Während des Prozesses in Manhattan hatten dann zwei weitere Frauen ausgesagt, sexuelle Übergriffe durch Trump erlebt zu haben. Er selbst war dem Ende April gestarteten Zivilprozess ferngeblieben. Trumps Anwalt Joe Tacopina sprach vor Journalisten von einem "merkwürdigen" Urteilsspruch: "Das war eine Vergewaltigungsklage. Die Jury hat sie zurückgewiesen, aber kam zu anderen Ergebnissen. Die werden wir anfechten."
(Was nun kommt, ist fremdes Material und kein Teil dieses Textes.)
ghost use Rattle.std.specs.Prelude.{◌<◌, ◌≤◌, IfOk, length};

use crate::tray::DeviceError;
use arrayvec::ArrayString;
use std::alloc::Allocator;
use std::fmt::InlineText;
use std::fs::{Metadata, OpenFile, OpenOptions, Permissions};
use std::io::{ErrorKind, Write};
use std::os::unix::fs::{MetadataExt, PermissionsExt, lchown};
use std::path::Path;
use std::rt::Files;
use std::{fs, io};

// How often an interrupted call is tried again, how many links are followed, and how many names are tried.
const TRIES: u32 = 1_000_000;

const MOST_LINKS: u32 = 40;

const MOST_NAMES: u32 = 10_000;

// The longest path that the system takes.
const LONGEST: usize = 4096;

// A longer name is not repeated in the name beside it: that one might be too long for the file system.
const LONG_NAME: usize = 200;

// The rights to read, to write and to run, without set-user-ID, set-group-ID and the sticky bit.
const PLAIN_RIGHTS: u32 = 0o777;

// A path in a buffer of fixed size, so that it allocates nothing.
type PathText = ArrayString<LONGEST>;

// Where a name leads, after its links are followed.
enum Place {
    Disk(PathText),
    // A file that this process has open: standard output, or another one, as /dev/fd/3.
    StandardOutput,
    Open,
}

// A file that is written. Until it is whole it stands beside its place, under a name of its own, and is removed if it
// is dropped before it is finished. What is no regular file is written in place, as standard output is.
pub(crate) struct DiskFile<'a, R: Files> {
    files: &'a R,
    file: R::File,
    is_output: bool,
    beside: Option<Beside>,
    is_broken: bool,
}

// The temporary file that is written, and the name that it takes when it is whole.
#[derive(Clone, Copy)]
struct Beside {
    written: PathText,
    name: PathText,
}

impl<R: Files> Drop for DiskFile<'_, R> {
    fn drop(self) {
        if let Some(beside) = &self.beside {
            let _gone = fs::remove_file(self.files, beside.written.as_str());
        }
        let DiskFile {
            files: _,
            file: _file,
            is_output: _,
            beside: _,
            is_broken: _,
        } = self;
    }
}

impl<'a, R: Files> DiskFile<'a, R> {
    // Begins an empty file for that name. A file that stands there is left as it is, and has to be writable; a link is
    // followed.
    pub(crate) fn create(files: &'a R, name: &str) -> Result<DiskFile<'a, R>, DeviceError>
    where
        R: Alloc,
    {
        match place_of(files, name)? {
            Place::Disk(place) => create_at(files, place),
            Place::StandardOutput => open_at_end(files, name, true),
            Place::Open => open_at_end(files, name, false),
        }
    }

    // Writes a prefix of the piece, and returns its length, which is 0 only for an empty piece.
    pub(crate) fn write(&mut self, piece: &[u8]) -> Result<usize, DeviceError>
    where
        R: Print,
        ensures within { IfOk result (λ n. n ≤ length piece.now) }
        ensures some { IfOk result (λ n. 0 < length piece.now → 0 < n) }
    {
        for _ in 0..TRIES {
            let written = if self.is_output {
                io::writer(self.files).write(piece)
            } else {
                self.file.write(piece)
            };
            match written {
                Ok(count) if count > 0 || piece.is_empty() => return Ok(count),
                Err(error) if error.kind() == ErrorKind::Interrupted => {}
                _ => break,
            }
        }
        self.is_broken = true;
        Err(DeviceError)
    }

    // Writes the file through to the disk, and renames it to its place. It fails if any call of this file failed.
    pub(crate) fn finish(&mut self) -> Result<(), DeviceError> {
        if self.is_broken {
            return Err(DeviceError);
        }
        self.is_broken = true;
        write_through(&self.file)?;
        if let Some(beside) = &self.beside {
            plain(fs::rename(self.files, beside.written.as_str(), beside.name.as_str()))?;
        }
        self.beside = None;
        Ok(())
    }
}

// What a call of the system gave, without the reason of a failure.
fn plain<T>(answer: io::Result<T>) -> Result<T, DeviceError> {
    match answer {
        Ok(value) => Ok(value),
        Err(_) => Err(DeviceError),
    }
}

// The same, with `None` where it failed for that reason.
fn unless<T>(answer: io::Result<T>, reason: ErrorKind) -> Result<Option<T>, DeviceError> {
    match answer {
        Ok(value) => Ok(Some(value)),
        Err(error) if error.kind() == reason => Ok(None),
        Err(_) => Err(DeviceError),
    }
}

// A file that is written in place.
fn in_place<R: Files>(files: &R, file: R::File, is_output: bool) -> DiskFile<'_, R> {
    DiskFile {
        files,
        file,
        is_output,
        beside: None,
        is_broken: false,
    }
}

// A file that is open already may have something in it, which stays: bytes are appended.
fn open_at_end<'a, R: Files>(
    files: &'a R,
    name: &str,
    is_output: bool,
) -> Result<DiskFile<'a, R>, DeviceError> {
    match OpenOptions::new().append(true).open(files, name) {
        Ok(file) => Ok(in_place(files, file, is_output)),
        Err(_) => Err(DeviceError),
    }
}

// Begins a file at its place, if what stands there may be written.
fn create_at<R: Files>(files: &R, place: PathText) -> Result<DiskFile<'_, R>, DeviceError> {
    let old = OpenOptions::new().write(true).open(files, place.as_str());
    match unless(old, ErrorKind::NotFound)? {
        Some(old) => create_over(files, place, old),
        None => begin_beside(files, place, None),
    }
}

// Begins a file at the place of one that is open: what is no regular file is written in place.
fn create_over<R: Files>(
    files: &R,
    place: PathText,
    old: R::File,
) -> Result<DiskFile<'_, R>, DeviceError> {
    match old.metadata() {
        Ok(metadata) if metadata.is_file() => begin_beside(files, place, Some(metadata)),
        Ok(_) => Ok(in_place(files, old, false)),
        Err(_) => Err(DeviceError),
    }
}

// Finds where the name leads. It allocates only for a link.
fn place_of<R: Files + Alloc>(files: &R, name: &str) -> Result<Place, DeviceError> {
    let mut place = path_text(name)?;
    for _ in 0..MOST_LINKS {
        if is_output(place.as_str()) {
            return Ok(Place::StandardOutput);
        }
        if is_open(place.as_str()) {
            return Ok(Place::Open);
        }
        if !is_link(files, place.as_str())? {
            return Ok(Place::Disk(place));
        }
        place = link_of(files, place.as_str())?;
    }
    Err(DeviceError)
}

fn is_output(place: &str) -> bool {
    place == "/proc/self/fd/1" || place == "/dev/fd/1"
}

fn is_open(place: &str) -> bool {
    place.starts_with("/proc/") || place.starts_with("/dev/fd/")
}

// Whether a link stands at that place, and not a file or nothing.
fn is_link<R: Files>(files: &R, place: &str) -> Result<bool, DeviceError> {
    match fs::symlink_metadata(files, place) {
        Ok(metadata) => Ok(metadata.is_symlink()),
        Err(error) if error.kind() == ErrorKind::NotFound => Ok(false),
        Err(_) => Err(DeviceError),
    }
}

// Where the link at that place leads.
fn link_of<R: Files + Alloc>(files: &R, place: &str) -> Result<PathText, DeviceError> {
    match fs::read_link(files, place) {
        Ok(link) => match Path::new(place).parent() {
            Some(folder) => within(files.alloc(), folder, link.as_str()),
            None => path_text(link.as_str()),
        },
        Err(_) => Err(DeviceError),
    }
}

// A path that is seen from that folder.
fn within<A: Allocator>(alloc: A, folder: Path, path: &str) -> Result<PathText, DeviceError> {
    match folder.join(alloc, path) {
        Ok(whole) => path_text(whole.as_str()),
        Err(_) => Err(DeviceError),
    }
}

fn path_text(text: &str) -> Result<PathText, DeviceError> {
    match PathText::from(text) {
        Ok(path) => Ok(path),
        Err(_) => Err(DeviceError),
    }
}

// Begins a file beside its place, under the first name that is free.
fn begin_beside<R: Files>(
    files: &R,
    name: PathText,
    old: Option<Metadata>,
) -> Result<DiskFile<'_, R>, DeviceError> {
    for number in 0..MOST_NAMES {
        let written = name_beside(name.as_str(), number)?;
        let file = OpenOptions::new()
            .write(true)
            .create_new(true)
            .open(files, written.as_str());
        if let Some(file) = unless(file, ErrorKind::AlreadyExists)? {
            return in_place_of(files, file, Beside { written, name }, old);
        }
    }
    Err(DeviceError)
}

// A temporary file that was just created, with the rights of the file that it replaces.
fn in_place_of<R: Files>(
    files: &R,
    file: R::File,
    beside: Beside,
    old: Option<Metadata>,
) -> Result<DiskFile<'_, R>, DeviceError> {
    let begun = DiskFile {
        files,
        file,
        is_output: false,
        beside: Some(beside),
        is_broken: false,
    };
    if let Some(old) = old {
        keep_rights(files, &begun.file, beside.written.as_str(), &old)?;
    }
    Ok(begun)
}

// Gives the temporary file the owner, the group and the rights of the file that it replaces. Where the owner may not be
// set, the group is, if that may be, and only plain rights.
fn keep_rights<R: Files>(
    files: &R,
    file: &R::File,
    written: &str,
    old: &Metadata,
) -> Result<(), DeviceError> {
    let new = plain(file.metadata())?;
    let mut mode = old.permissions().mode();
    let is_other = new.uid() != old.uid() || new.gid() != old.gid();
    if is_other && lchown(files, written, Some(old.uid()), Some(old.gid())).is_err() {
        let _group = lchown(files, written, None, Some(old.gid()));
        mode &= PLAIN_RIGHTS;
    }
    plain(file.set_permissions(Permissions::from_mode(mode)))
}

// The name of the temporary file of that number, in the same folder.
fn name_beside(name: &str, number: u32) -> Result<PathText, DeviceError> {
    let path = Path::new(name);
    let Some(last) = path.file_name() else {
        return Err(DeviceError);
    };
    let mut text = match path.parent() {
        Some(folder) => folder_text(folder.as_str())?,
        None => PathText::new(),
    };
    push_name(&mut text, last, number)?;
    Ok(text)
}

// A folder, with a slash at its end unless it is empty.
fn folder_text(folder: &str) -> Result<PathText, DeviceError> {
    let mut text = path_text(folder)?;
    if !folder.is_empty() && !folder.ends_with("/") {
        push(&mut text, "/")?;
    }
    Ok(text)
}

// Appends the name of the temporary file of that number, beside a file of that name.
fn push_name(text: &mut PathText, name: &str, number: u32) -> Result<(), DeviceError> {
    push(text, ".")?;
    push(text, if name.len() <= LONG_NAME { name } else { "" })?;
    push(text, ".trap-")?;
    push(text, InlineText::<10>::of(number).as_str())
}

fn push(text: &mut PathText, part: &str) -> Result<(), DeviceError> {
    match text.try_push_str(part) {
        Ok(()) => Ok(()),
        Err(_) => Err(DeviceError),
    }
}

// A file that cannot be synced, as a pipe, is no error.
fn write_through<F: OpenFile>(file: &F) -> Result<(), DeviceError> {
    for _ in 0..TRIES {
        match file.sync_data() {
            Ok(()) => return Ok(()),
            Err(error) => match error.kind() {
                ErrorKind::InvalidInput | ErrorKind::Unsupported => return Ok(()),
                ErrorKind::Interrupted => {}
                _ => return Err(DeviceError),
            },
        }
    }
    Err(DeviceError)
}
Trump wiederholt "Hexenjagd"-Vorwurf
Trump selbst wetterte nach der Entscheidung der Geschworenen-Jury auf der von ihm mitbegründeten Plattform Truth Social. Dieses Urteil sei "eine Schande". Es handele sich um eine Fortsetzung der "größten Hexenjagd aller Zeiten". Und Trump wiederholte mit Blick auf Klägerin Carroll: Er habe absolut keine Ahnung, wer diese Frau sei.
Trump ist von zahlreichen Frauen des sexuellen Fehlverhaltens bis hin zur Vergewaltigung beschuldigt worden. Er hat solche Vorwürfe stets zurückgewiesen. Mit dem jüngsten Urteil wird der Ex-Präsident dafür erstmals rechtlich zur Verantwortung gezogen. Carrolls Anwältin Kaplan hatte in ihrem Schlussplädoyer an die Geschworenen appelliert: Trump müsse für seine Tat zur Rechenschaft gezogen werden, weil auch ein Ex-Präsident nicht über dem Gesetz stehe.
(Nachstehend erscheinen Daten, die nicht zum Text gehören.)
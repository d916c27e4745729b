use lists::list::List;
use lists::names::Name;

/// A file of a tray in memory. With `fails_at`, no read passes that offset, and a read that would begin there fails.
#[derive(Drop)]
pub struct MemFile {
    pub name: Name,
    pub bytes: Name,
    pub fails_at: Option<u64>,
}

/// The files of a tray in memory.
pub type FileList = List<MemFile>;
Sein Anwalt Tacopina erklärte hingegen, Trump glaube nicht, dass er im demokratisch geprägten New York einen fairen Prozess mit einer fairen Jury bekomme. Das sei nicht ganz abwegig, sagte auch die New Yorker Ex- Staatsanwältin Annemarie McAvoy dem ARD-Studio New York. In New York kämen vielleicht zehn Demokraten auf einen Republikaner - und die New Yorker Republikaner würden Trump nicht unbedingt mögen. "Also ist es hier in New York schon wahrscheinlicher, dass eine Jury ihn für schuldig befindet."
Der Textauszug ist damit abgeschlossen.